INSTRUCTIONS FOR THE TASK: The answer must consist of every line below containing "site".

(Beginning of SUPPLIED RECORDS)

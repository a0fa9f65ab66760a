ghost use Rattle.std.specs.Prelude.{◌≡◌, ◌∷◌, ◌<◌, [], IfOk, option_map, slice_index_or};
ghost use Rattle.types.specs.Components.{components_of};
ghost use Rattle.types.specs.Types.{cells_of};
ghost use Rattle.meaning.specs.Store.{part};
ghost use Rattle.interpreter_state.specs.Views.{place_seen};

use std::alloc::{AllocError, Global};
use types::{Step, TypeId, TypeTable};

/// Where a scalar or a set lies: an activation, a variable of it by its root number, and the steps
/// to a component.
#[derive(Clone, PartialEq, Eq, PartialOrd, Ord, Drop)]
pub struct Place {
    pub activation: u64,
    pub variable: u32,
    pub steps: Vec<Step>,
}

/// A place, if there is one. An error means that memory ran out.
pub type Placed = Result<Option<Place>, AllocError>;

/// The place of a part of a place, if there is one.
pub fn part(place: Option<Place>, step: Step) -> Placed
    ensures { IfOk result (λ found. option_map place_seen found ≡ part (option_map place_seen place) (step ∷ [])) }
{
    match place {
        Some(mut place) => {
            place.steps.push(step)?;
            Ok(Some(place))
        }
        None => Ok(None),
    }
}

/// The place of a component, by its place among the components of its type, which lies below their number.
pub fn component(
    alloc: Global,
    types: &TypeTable,
    place: &Option<Place>,
    type_id: TypeId,
    component: u32,
) -> Placed
    requires inside { component < cells_of types.now type_id }
    ensures { IfOk result (λ found. option_map place_seen found ≡ part (option_map place_seen place.now)
        (slice_index_or (components_of types.now type_id) component [])) }
{
    let Some(place) = place else {
        return Ok(None);
    };
    let mut steps = Vec::from_slice(alloc, &place.steps)?;
    types.component(type_id, component, &mut steps)?;
    Ok(Some(Place {
        activation: place.activation,
        variable: place.variable,
        steps,
    }))
}
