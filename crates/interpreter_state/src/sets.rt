ghost use Rattle.std.specs.Prelude.{◌≡◌, option_map};
ghost use Rattle.members.specs.Members as sets;
ghost use Rattle.meaning.specs.declared.value.Value.TheVariants.{Number};
ghost use Rattle.meaning.specs.Effect.{members_of};
ghost use Rattle.meaning.specs.Meaning.{operated_both, way_of, with_one, with_range};
ghost use Rattle.interpreter_state.specs.Answers.{Answers, member_at, numbers_both};

use crate::ordinals::{combined_number, number_of};
use meaning::{Ordinal, Value};
use members::sets::{Operator, Relation, can_be_member, has, of_one, of_range};
use typed_tree::{Dyadic, SetRelation};

/// The set that a value is.
pub fn members_of(value: Value) -> u128
    ensures { result ≡ members_of value }
{
    match value {
        Value::Number(_) => 0,
        Value::Members(set) => set,
    }
}

/// The value of an operation on two operands, or the site of its error (ISO 7185:1990, 6.7.2).
pub fn operated_value(operation: Dyadic, left: Value, right: Value) -> Result<Value, u32>
    ensures { Answers (operated_both operation left right) result }
{
    match operation {
        Dyadic::Union => Ok(of_sets(Operator::Union, left, right)),
        Dyadic::Difference => Ok(of_sets(Operator::Difference, left, right)),
        Dyadic::Intersection => Ok(of_sets(Operator::Intersection, left, right)),
        Dyadic::SetRelation(relation) => {
            let holds = way_of(relation).holds(members_of(left), members_of(right));
            Ok(Value::Number(Ordinal::truth(holds)))
        }
        Dyadic::In => {
            let holds = is_member(members_of(right), number_of(left));
            Ok(Value::Number(Ordinal::truth(holds)))
        }
        Dyadic::Plus { .. }
        | Dyadic::Minus { .. }
        | Dyadic::Times { .. }
        | Dyadic::Div { .. }
        | Dyadic::Mod { .. }
        | Dyadic::And
        | Dyadic::Or
        | Dyadic::Relation(_) => of_numbers(operation, left, right),
    }
}

// What an operator of two sets gives.
fn of_sets(operator: Operator, left: Value, right: Value) -> Value
    ensures { result ≡ Value.Members (sets.of_two operator (members_of left) (members_of right)) }
{
    Value::Members(operator.of(members_of(left), members_of(right)))
}

// The value of an operation on two numbers, or the site of its error.
fn of_numbers(operation: Dyadic, left: Value, right: Value) -> Result<Value, u32>
    ensures { Answers (numbers_both operation left right) result }
{
    combined_number(operation, number_of(left), number_of(right)).map(Value::Number)
}

// How one set has to stand to another in a relation of sets.
fn way_of(relation: SetRelation) -> Relation
    ensures { result ≡ way_of relation }
{
    match relation {
        SetRelation::Equal => Relation::Equal,
        SetRelation::NotEqual => Relation::NotEqual,
        SetRelation::Included => Relation::Inside,
        SetRelation::Includes => Relation::Around,
    }
}

// Whether a number is a member of a set (6.7.2.5).
fn is_member(set: u128, number: Ordinal) -> bool
    ensures { result ≡ sets.has set number }
{
    match member_at(number) {
        Some(place) => has(set, place),
        None => false,
    }
}

// The number, if it can be a member.
fn member_at(number: Ordinal) -> Option<i32>
    ensures { result ≡ member_at number }
{
    i32::try_from(number.number())
        .ok()
        .filter(|place| can_be_member(*place))
}

/// A set with one member more, or the site of its test (6.7.1).
pub fn with_one(site: u32, member: Ordinal, set: u128) -> Result<u128, u32>
    ensures { Answers (with_one site (Number member) set) result }
{
    let place = member_at(member).ok_or(site)?;
    Ok(Operator::Union.of(set, of_one(place)))
}

/// A set with all members from a first to a last one, or the site of their test (6.7.1).
pub fn with_range(site: u32, first: Ordinal, last: Ordinal, set: u128) -> Result<u128, u32>
    ensures { Answers (with_range site (Number first) (Number last) set) result }
{
    match (member_at(first), member_at(last)) {
        (Some(low), Some(high)) => Ok(Operator::Union.of(set, of_range(low, high))),
        _ => {
            if last.is_less_than(first) {
                Ok(set)
            } else {
                Err(site)
            }
        }
    }
}
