//! The sessions with the Spin Server.

ghost use Rattle.std.specs.Prelude.{◌≡◌, ◌<◌, ◌∷◌, ℕ, List, OnOk, OnErr, IfOk, true};
ghost use Rattle.session_ends.specs.Events.{Pumped, Told};
ghost use Rattle.spin_server.specs.Served.{Served};
ghost use Rattle.spin_server.specs.Serving.{blocks_left, runs};
ghost use Rattle.venue_end.specs.Servers.{spin_setup, spin_says};
ghost use Rattle.venue_end.specs.Sessions.{Session, happens_at, happens_at_all};
ghost use Rattle.venue_end.specs.Stands.{IsSpinServer, PlaceIs, TableIs};
ghost use Rattle.venue_end.specs.declared.setup.VenueSetup.{VenueSetup};

use crate::table::{Place, Server, SessionTable};
use pitch_fields::OutOfMemory;
use session_ends::Closed;
use spin_server::SpinServer;

impl Server for SpinServer {
    ghost Seen = { List Served };

    ghost setup = { spin_setup };

    ghost stands = { IsSpinServer };

    ghost says = { spin_says };

    fn cause(&self) -> Option<Closed> {
        self.closed()
    }

    fn pass_second(&mut self, said: &mut Vec<u8>) -> Result<(), OutOfMemory> {
        self.tick(said)?;
        Ok(())
    }
}

impl Place<SpinServer> {
    /// It is asked for the next block of its image, and answers whether it still sends one.
    pub(crate) fn pump(&mut self) -> Result<bool, OutOfMemory>
        ensures pumps { OnOk result ((s : VenueSetup) (session : Session (List Served))
            → PlaceIs IsSpinServer s self.old session
            → PlaceIs IsSpinServer s self.new (happens_at (spin_says s) Pumped session)) }
        ensures more { IfOk result (λ more. (s : VenueSetup) (session : Session (List Served))
            → PlaceIs IsSpinServer s self.old session
            → more ≡ runs (spin_setup s) (Pumped ∷ session.happened)) }
        ensures fewer { IfOk result (λ more. more ≡ true
            → blocks_left self.new.server.spin < blocks_left self.old.server.spin) }
        ensures same_id { self.new.id ≡ self.old.id }
        ensures err { OnErr result ((s : VenueSetup) (session : Session (List Served))
            → PlaceIs IsSpinServer s self.old session → PlaceIs IsSpinServer s self.new session) }
    {
        self.server.pump(&mut self.said)
    }

    // It is told of a sequence that was advertised.
    fn tell(&mut self, sequence: u32) -> Result<(), OutOfMemory>
        ensures { OnOk result ((s : VenueSetup) (session : Session (List Served))
            → PlaceIs IsSpinServer s self.old session → PlaceIs IsSpinServer s self.new
            (happens_at (spin_says s) (Told sequence) session)) }
    {
        self.server.tell(sequence, &mut self.said)
    }
}

impl SessionTable<SpinServer> {
    /// Every server is told of a sequence that was advertised.
    pub(crate) fn tell_all(&mut self, sequence: u32) -> Result<(), OutOfMemory>
        ensures { OnOk result ((s : VenueSetup) (sessions : List (Session (List Served)))
            → TableIs IsSpinServer s self.old sessions → TableIs IsSpinServer s self.new
            (happens_at_all (spin_says s) (Told sequence) sessions)) }
    {
        for place in self.places.iter_mut() {
            place.tell(sequence)?;
        }
        Ok(())
    }
}
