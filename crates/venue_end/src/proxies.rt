//! The proxy's end of a session.

ghost use Rattle.grp_session.specs.Serving.{Source};
ghost use Rattle.venue_end.specs.Servers.{proxy_setup, proxy_says};
ghost use Rattle.venue_end.specs.Stands.{IsProxy};

use crate::table::Server;
use grp_session::GrpServer;
use pitch_fields::OutOfMemory;
use session_ends::Closed;

impl Server for GrpServer {
    ghost Seen = { Source };

    ghost setup = { proxy_setup };

    ghost stands = { IsProxy };

    ghost says = { proxy_says };

    fn cause(&self) -> Option<Closed> {
        self.closed()
    }

    fn pass_second(&mut self, said: &mut Vec<u8>) -> Result<(), OutOfMemory> {
        self.tick(said)?;
        Ok(())
    }
}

(End of SUPPLIED RECORDS)

ANSWER FOR THE TASK:
/// The value of an operation on two operands, or the site of its error (ISO 7185:1990, 6.7.2).
// The value of an operation on two numbers, or the site of its error.
/// A set with one member more, or the site of its test (6.7.1).
pub fn with_one(site: u32, member: Ordinal, set: u128) -> Result<u128, u32>
    ensures { Answers (with_one site (Number member) set) result }
    let place = member_at(member).ok_or(site)?;
/// A set with all members from a first to a last one, or the site of their test (6.7.1).
pub fn with_range(site: u32, first: Ordinal, last: Ordinal, set: u128) -> Result<u128, u32>
    ensures { Answers (with_range site (Number first) (Number last) set) result }
                Err(site)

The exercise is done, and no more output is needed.